In a lot of the research that we conduct, we see “young youth” expressing a nostalgia for the recent past – for relationships, events, experiences, brands and technologies. It might be that this youthful nostalgia has always been present and that social media is evidencing it. Or, we might hypothesise that social media is contributing to it.
This is not about “tweenage”, it’s about being nostalgic for your teens while you’re still in your teens! A sense of “accelerated nostalgia”.
It looks to us that “young youth” - who have grown up with social media - see their own lives and those of their peers documented and timelined as never before, and much more so than “older youth” did?
So what about an issue that we might think likely to accentuate the divisions we see? Do we see evidence that the increase in tuition fees is contributing to a mindset difference between “young youth” and “older youth”? Are younger youth angrier, more political?
This analysis is based on conversations around tuition fees from mid-April to mid-July this year. We are not only looking at conversations taking place between youths here, we are looking at all conversations taking place within social media. And, it must be said, tuition fees is not an issue that appears to especially preoccupy the young. It is a highly politicised issue, and many of those discussing it are older and would not, at least not directly, be affected by it. Indeed, many of those discussing tuition fees appear to be the parents of teenagers. To this extent, we might suggest that tuition fees – the repayment of which is hardly a tangible prospect for most teenagers – is not driving a difference in mindset between “young youth” and “older youth”. However, we can see that one particular topic of conversation – “affecting decisions” – is especially likely to be generated by young people. And when we look into that topic, we do find anger – most of the posts contain a negative viewpoint in relation to tuition fees – but we also find a good deal of pragmatism.
In particular, we are seeing evidence of the emergence of a hard-headed weighing up of what the best institution and course is based on ROI. Idealistic dreams of student life appear to have receded into the distance. If there is a difference in mindset between those in their twenties and those in their teens being driven by the increase in tuition fees, it appears to be that “young youth” are a pragmatic bunch, who are taking something of an outcomes-driven approach to making big decisions. We don’t – yet – see evidence that youth is any more sharply divided than that around this issue.
I’d like to end by offering up some implications for those of us looking to market to youth.
Firstly, it is clear that differences do exist between “young” youth and older youth. Some of these are obvious, for example “young youth” being less concerned about professional reputation. Others are perhaps less obvious, but potentially useful to know – feeding older youth with content that complements their desired image, for example, versus offering younger youth “tweet fuel”.

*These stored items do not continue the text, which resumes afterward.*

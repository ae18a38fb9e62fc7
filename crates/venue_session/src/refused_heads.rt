//! The end of a session by a head that is refused.

ghost use Rattle.std.specs.Prelude.{◌≡◌, ℕ, List};
ghost use Rattle.venue_hall.specs.Facts.{Facts};
ghost use Rattle.wire_frames.specs.Frames.{IsRefused};
ghost use Rattle.wire_replies.specs.Heads.{refusal_status};
ghost use Rattle.venue_session.specs.Going.{Moment, moment, IsGoing, HasEnded};

use crate::ends::End;
use crate::writer::write_all;
use venue_ports::Stream;
use wire_frames::Refusal;
use wire_replies::refusal_bytes;

// The status of a refusal.
fn status_of(refusal: Refusal) -> u16
    ensures { result ≡ refusal_status refusal }
{
    match refusal {
        Refusal::HeadTooLarge => 431,
        Refusal::BadHead => 400,
        Refusal::TransferCoding => 501,
        Refusal::BodyTooLarge => 413,
        Refusal::NoPath => 404,
        Refusal::Method(_) => 405,
        Refusal::NotStaff => 403,
        Refusal::BadBody => 400,
        Refusal::BadQuery => 400,
    }
}

/// Writes why the head that waits is refused, and tells how the session ends by it.
pub(crate) fn refuse<L: Stream>(connection: &mut L, refusal: Refusal) -> End
    ensures { (keys : List (List ℕ)) (first : Moment) (facts : Facts) (taken : ℕ) (waiting : List ℕ)
        → IsGoing keys first (moment facts (L.left connection.old) (L.written connection.old) (L.starts connection.old) (L.faults connection.old)) taken waiting
        → IsRefused waiting refusal
        → HasEnded keys first (moment facts (L.left connection.new) (L.written connection.new) (L.starts connection.new) (L.faults connection.new)) result }
{
    match write_all(connection, refusal_bytes(refusal, true)) {
        Ok(()) => End::Refused(status_of(refusal)),
        Err(_failed) => End::LinkFault,
    }
}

Secondly, there does appear to be evidence of an “accelerated nostalgia” amongst “young youth”. This may actually mean that some of the nostalgia marketing that works for young adults in their later twenties might work for “young youth” – though of course the experiences that invoke this nostalgia are likely to be more recent.
Thirdly, at least viewed through the lens of discussions about tuition fees, it appears that, whilst this is not necessarily a sharply divided youth, “young youth” is particularly likely to have an outcomes-driven mindset. We will all need to demonstrate the benefits and value our brands can bring, more so than ever before.